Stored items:
- Opening Delimiter -

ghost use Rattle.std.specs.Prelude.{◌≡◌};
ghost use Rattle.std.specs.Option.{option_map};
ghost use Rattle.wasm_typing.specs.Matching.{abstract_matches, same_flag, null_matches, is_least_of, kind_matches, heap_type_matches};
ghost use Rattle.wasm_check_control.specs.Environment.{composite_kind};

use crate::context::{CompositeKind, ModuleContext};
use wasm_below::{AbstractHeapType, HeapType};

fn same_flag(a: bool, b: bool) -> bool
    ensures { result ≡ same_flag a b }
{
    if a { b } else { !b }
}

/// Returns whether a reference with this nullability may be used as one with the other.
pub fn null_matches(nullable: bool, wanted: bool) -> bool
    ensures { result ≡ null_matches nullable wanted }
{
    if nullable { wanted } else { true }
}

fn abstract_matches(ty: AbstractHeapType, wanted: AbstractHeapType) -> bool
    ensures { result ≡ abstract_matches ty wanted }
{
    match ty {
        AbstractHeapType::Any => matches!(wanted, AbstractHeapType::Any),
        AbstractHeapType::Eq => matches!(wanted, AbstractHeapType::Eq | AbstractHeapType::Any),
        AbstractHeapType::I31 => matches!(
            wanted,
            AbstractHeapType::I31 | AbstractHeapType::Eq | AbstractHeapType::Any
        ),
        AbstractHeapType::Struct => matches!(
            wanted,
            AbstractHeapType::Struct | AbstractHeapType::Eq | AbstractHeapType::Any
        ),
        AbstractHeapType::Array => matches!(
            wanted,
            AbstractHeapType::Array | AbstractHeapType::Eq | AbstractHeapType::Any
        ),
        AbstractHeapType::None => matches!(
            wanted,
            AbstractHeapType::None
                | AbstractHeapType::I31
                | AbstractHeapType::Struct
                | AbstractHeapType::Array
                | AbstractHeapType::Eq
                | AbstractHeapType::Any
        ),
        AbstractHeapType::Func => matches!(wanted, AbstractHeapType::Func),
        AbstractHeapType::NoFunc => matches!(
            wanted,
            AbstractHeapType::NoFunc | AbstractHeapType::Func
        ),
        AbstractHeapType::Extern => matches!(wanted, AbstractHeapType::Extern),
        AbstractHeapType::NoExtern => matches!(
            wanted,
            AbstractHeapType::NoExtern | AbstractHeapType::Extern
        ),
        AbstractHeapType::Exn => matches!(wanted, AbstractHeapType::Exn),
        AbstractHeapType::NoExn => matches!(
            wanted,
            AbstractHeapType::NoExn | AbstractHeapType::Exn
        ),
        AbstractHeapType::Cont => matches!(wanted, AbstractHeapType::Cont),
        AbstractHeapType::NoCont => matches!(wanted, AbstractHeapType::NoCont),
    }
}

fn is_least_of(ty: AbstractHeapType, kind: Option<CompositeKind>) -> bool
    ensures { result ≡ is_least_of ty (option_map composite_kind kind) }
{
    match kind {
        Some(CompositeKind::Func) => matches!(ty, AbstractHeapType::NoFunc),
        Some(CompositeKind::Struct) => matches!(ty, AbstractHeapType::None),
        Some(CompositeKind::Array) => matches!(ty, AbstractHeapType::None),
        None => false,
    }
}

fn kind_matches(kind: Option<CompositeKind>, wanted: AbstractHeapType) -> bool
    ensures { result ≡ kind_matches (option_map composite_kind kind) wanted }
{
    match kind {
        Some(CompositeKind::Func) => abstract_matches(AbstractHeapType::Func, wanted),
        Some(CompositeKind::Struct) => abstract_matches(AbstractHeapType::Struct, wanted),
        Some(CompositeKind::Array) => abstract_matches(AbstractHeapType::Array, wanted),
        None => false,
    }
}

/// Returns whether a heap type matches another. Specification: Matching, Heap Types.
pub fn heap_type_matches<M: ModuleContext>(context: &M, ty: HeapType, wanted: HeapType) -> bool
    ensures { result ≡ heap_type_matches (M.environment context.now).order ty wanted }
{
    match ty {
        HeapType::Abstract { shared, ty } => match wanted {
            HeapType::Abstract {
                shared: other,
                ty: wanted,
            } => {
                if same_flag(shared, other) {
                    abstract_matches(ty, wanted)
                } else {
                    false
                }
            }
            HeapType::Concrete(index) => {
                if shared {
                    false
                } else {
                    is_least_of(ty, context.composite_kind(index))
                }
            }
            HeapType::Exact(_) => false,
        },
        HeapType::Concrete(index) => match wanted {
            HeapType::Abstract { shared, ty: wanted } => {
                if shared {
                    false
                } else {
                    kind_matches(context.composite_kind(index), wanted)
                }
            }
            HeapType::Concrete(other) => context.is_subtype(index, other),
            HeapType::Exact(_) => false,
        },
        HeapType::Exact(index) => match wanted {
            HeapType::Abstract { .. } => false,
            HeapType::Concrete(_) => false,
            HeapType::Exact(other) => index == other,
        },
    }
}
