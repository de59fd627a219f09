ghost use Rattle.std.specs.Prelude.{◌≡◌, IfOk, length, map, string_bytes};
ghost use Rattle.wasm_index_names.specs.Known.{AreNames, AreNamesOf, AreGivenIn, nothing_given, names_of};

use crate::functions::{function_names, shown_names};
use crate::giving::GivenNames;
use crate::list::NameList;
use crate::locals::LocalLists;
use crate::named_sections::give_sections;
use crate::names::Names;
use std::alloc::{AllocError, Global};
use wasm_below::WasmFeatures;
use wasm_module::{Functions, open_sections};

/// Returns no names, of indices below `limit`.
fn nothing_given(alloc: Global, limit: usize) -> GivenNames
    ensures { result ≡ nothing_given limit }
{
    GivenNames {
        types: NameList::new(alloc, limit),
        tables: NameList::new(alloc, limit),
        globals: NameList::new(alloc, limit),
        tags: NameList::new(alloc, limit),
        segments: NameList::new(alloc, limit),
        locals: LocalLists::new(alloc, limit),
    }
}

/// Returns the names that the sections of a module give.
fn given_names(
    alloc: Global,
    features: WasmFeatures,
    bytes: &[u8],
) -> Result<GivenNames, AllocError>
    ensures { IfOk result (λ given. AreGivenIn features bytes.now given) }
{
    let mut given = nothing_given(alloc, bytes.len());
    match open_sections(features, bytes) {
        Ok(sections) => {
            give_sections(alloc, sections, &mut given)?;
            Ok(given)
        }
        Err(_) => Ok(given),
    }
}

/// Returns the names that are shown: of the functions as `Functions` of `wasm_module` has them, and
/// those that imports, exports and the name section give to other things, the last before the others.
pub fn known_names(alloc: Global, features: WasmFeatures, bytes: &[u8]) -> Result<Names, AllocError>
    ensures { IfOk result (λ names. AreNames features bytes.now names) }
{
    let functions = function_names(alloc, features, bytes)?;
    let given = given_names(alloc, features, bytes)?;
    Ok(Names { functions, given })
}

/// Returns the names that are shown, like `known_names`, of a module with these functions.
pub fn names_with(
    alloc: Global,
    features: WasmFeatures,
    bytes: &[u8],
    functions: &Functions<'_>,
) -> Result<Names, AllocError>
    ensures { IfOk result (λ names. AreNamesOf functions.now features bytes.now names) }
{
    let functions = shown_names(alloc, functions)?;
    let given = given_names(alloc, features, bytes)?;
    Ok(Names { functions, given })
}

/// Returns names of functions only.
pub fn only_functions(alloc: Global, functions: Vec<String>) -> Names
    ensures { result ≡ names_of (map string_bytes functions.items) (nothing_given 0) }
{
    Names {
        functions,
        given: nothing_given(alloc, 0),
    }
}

- Closing Delimiter -

EXERCISE AIM
The response has to give back every record verbatim.

TASK SOLUTION
ghost use Rattle.std.specs.Prelude.{◌≡◌};
ghost use Rattle.std.specs.Option.{option_map};
ghost use Rattle.wasm_typing.specs.Matching.{abstract_matches, same_flag, null_matches, is_least_of, kind_matches, heap_type_matches};
ghost use Rattle.wasm_check_control.specs.Environment.{composite_kind};

use crate::context::{CompositeKind, ModuleContext};
use wasm_below::{AbstractHeapType, HeapType};

fn same_flag(a: bool, b: bool) -> bool
    ensures { result ≡ same_flag a b }
{
    if a { b } else { !b }
}

/// Returns whether a reference with this nullability may be used as one with the other.
pub fn null_matches(nullable: bool, wanted: bool) -> bool
    ensures { result ≡ null_matches nullable wanted }
{
    if nullable { wanted } else { true }
}

fn abstract_matches(ty: AbstractHeapType, wanted: AbstractHeapType) -> bool
    ensures { result ≡ abstract_matches ty wanted }
{
    match ty {
        AbstractHeapType::Any => matches!(wanted, AbstractHeapType::Any),
        AbstractHeapType::Eq => matches!(wanted, AbstractHeapType::Eq | AbstractHeapType::Any),
        AbstractHeapType::I31 => matches!(
            wanted,
            AbstractHeapType::I31 | AbstractHeapType::Eq | AbstractHeapType::Any
        ),
        AbstractHeapType::Struct => matches!(
            wanted,
            AbstractHeapType::Struct | AbstractHeapType::Eq | AbstractHeapType::Any
        ),
        AbstractHeapType::Array => matches!(
            wanted,
            AbstractHeapType::Array | AbstractHeapType::Eq | AbstractHeapType::Any
        ),
        AbstractHeapType::None => matches!(
            wanted,
            AbstractHeapType::None
                | AbstractHeapType::I31
                | AbstractHeapType::Struct
                | AbstractHeapType::Array
                | AbstractHeapType::Eq
                | AbstractHeapType::Any
        ),
        AbstractHeapType::Func => matches!(wanted, AbstractHeapType::Func),
        AbstractHeapType::NoFunc => matches!(
            wanted,
            AbstractHeapType::NoFunc | AbstractHeapType::Func
        ),
        AbstractHeapType::Extern => matches!(wanted, AbstractHeapType::Extern),
        AbstractHeapType::NoExtern => matches!(
            wanted,
            AbstractHeapType::NoExtern | AbstractHeapType::Extern
        ),
        AbstractHeapType::Exn => matches!(wanted, AbstractHeapType::Exn),
        AbstractHeapType::NoExn => matches!(
            wanted,
            AbstractHeapType::NoExn | AbstractHeapType::Exn
        ),
        AbstractHeapType::Cont => matches!(wanted, AbstractHeapType::Cont),
        AbstractHeapType::NoCont => matches!(wanted, AbstractHeapType::NoCont),
    }
}

fn is_least_of(ty: AbstractHeapType, kind: Option<CompositeKind>) -> bool
    ensures { result ≡ is_least_of ty (option_map composite_kind kind) }
{
    match kind {
        Some(CompositeKind::Func) => matches!(ty, AbstractHeapType::NoFunc),
        Some(CompositeKind::Struct) => matches!(ty, AbstractHeapType::None),
        Some(CompositeKind::Array) => matches!(ty, AbstractHeapType::None),
        None => false,
    }
}

fn kind_matches(kind: Option<CompositeKind>, wanted: AbstractHeapType) -> bool
    ensures { result ≡ kind_matches (option_map composite_kind kind) wanted }
{
    match kind {
        Some(CompositeKind::Func) => abstract_matches(AbstractHeapType::Func, wanted),
        Some(CompositeKind::Struct) => abstract_matches(AbstractHeapType::Struct, wanted),
        Some(CompositeKind::Array) => abstract_matches(AbstractHeapType::Array, wanted),
        None => false,
    }
}

/// Returns whether a heap type matches another. Specification: Matching, Heap Types.
pub fn heap_type_matches<M: ModuleContext>(context: &M, ty: HeapType, wanted: HeapType) -> bool
    ensures { result ≡ heap_type_matches (M.environment context.now).order ty wanted }
{
    match ty {
        HeapType::Abstract { shared, ty } => match wanted {
            HeapType::Abstract {
                shared: other,
                ty: wanted,
            } => {
                if same_flag(shared, other) {
                    abstract_matches(ty, wanted)
                } else {
                    false
                }
            }
            HeapType::Concrete(index) => {
                if shared {
                    false
                } else {
                    is_least_of(ty, context.composite_kind(index))
                }
            }
            HeapType::Exact(_) => false,
        },
        HeapType::Concrete(index) => match wanted {
            HeapType::Abstract { shared, ty: wanted } => {
                if shared {
                    false
                } else {
                    kind_matches(context.composite_kind(index), wanted)
                }
            }
            HeapType::Concrete(other) => context.is_subtype(index, other),
            HeapType::Exact(_) => false,
        },
        HeapType::Exact(index) => match wanted {
            HeapType::Abstract { .. } => false,
            HeapType::Concrete(_) => false,
            HeapType::Exact(other) => index == other,
        },
    }
}
repository de59fd627a219f09
ghost use Rattle.std.specs.Prelude.{◌≡◌, IfOk, length, map, string_bytes};
ghost use Rattle.wasm_index_names.specs.Known.{AreNames, AreNamesOf, AreGivenIn, nothing_given, names_of};

use crate::functions::{function_names, shown_names};
use crate::giving::GivenNames;
use crate::list::NameList;
use crate::locals::LocalLists;
use crate::named_sections::give_sections;
use crate::names::Names;
use std::alloc::{AllocError, Global};
use wasm_below::WasmFeatures;
use wasm_module::{Functions, open_sections};

/// Returns no names, of indices below `limit`.
fn nothing_given(alloc: Global, limit: usize) -> GivenNames
    ensures { result ≡ nothing_given limit }
{
    GivenNames {
        types: NameList::new(alloc, limit),
        tables: NameList::new(alloc, limit),
        globals: NameList::new(alloc, limit),
        tags: NameList::new(alloc, limit),
        segments: NameList::new(alloc, limit),
        locals: LocalLists::new(alloc, limit),
    }
}

/// Returns the names that the sections of a module give.
fn given_names(
    alloc: Global,
    features: WasmFeatures,
    bytes: &[u8],
) -> Result<GivenNames, AllocError>
    ensures { IfOk result (λ given. AreGivenIn features bytes.now given) }
{
    let mut given = nothing_given(alloc, bytes.len());
    match open_sections(features, bytes) {
        Ok(sections) => {
            give_sections(alloc, sections, &mut given)?;
            Ok(given)
        }
        Err(_) => Ok(given),
    }
}

/// Returns the names that are shown: of the functions as `Functions` of `wasm_module` has them, and
/// those that imports, exports and the name section give to other things, the last before the others.
pub fn known_names(alloc: Global, features: WasmFeatures, bytes: &[u8]) -> Result<Names, AllocError>
    ensures { IfOk result (λ names. AreNames features bytes.now names) }
{
    let functions = function_names(alloc, features, bytes)?;
    let given = given_names(alloc, features, bytes)?;
    Ok(Names { functions, given })
}

/// Returns the names that are shown, like `known_names`, of a module with these functions.
pub fn names_with(
    alloc: Global,
    features: WasmFeatures,
    bytes: &[u8],
    functions: &Functions<'_>,
) -> Result<Names, AllocError>
    ensures { IfOk result (λ names. AreNamesOf functions.now features bytes.now names) }
{
    let functions = shown_names(alloc, functions)?;
    let given = given_names(alloc, features, bytes)?;
    Ok(Names { functions, given })
}

/// Returns names of functions only.
pub fn only_functions(alloc: Global, functions: Vec<String>) -> Names
    ensures { result ≡ names_of (map string_bytes functions.items) (nothing_given 0) }
{
    Names {
        functions,
        given: nothing_given(alloc, 0),
    }
}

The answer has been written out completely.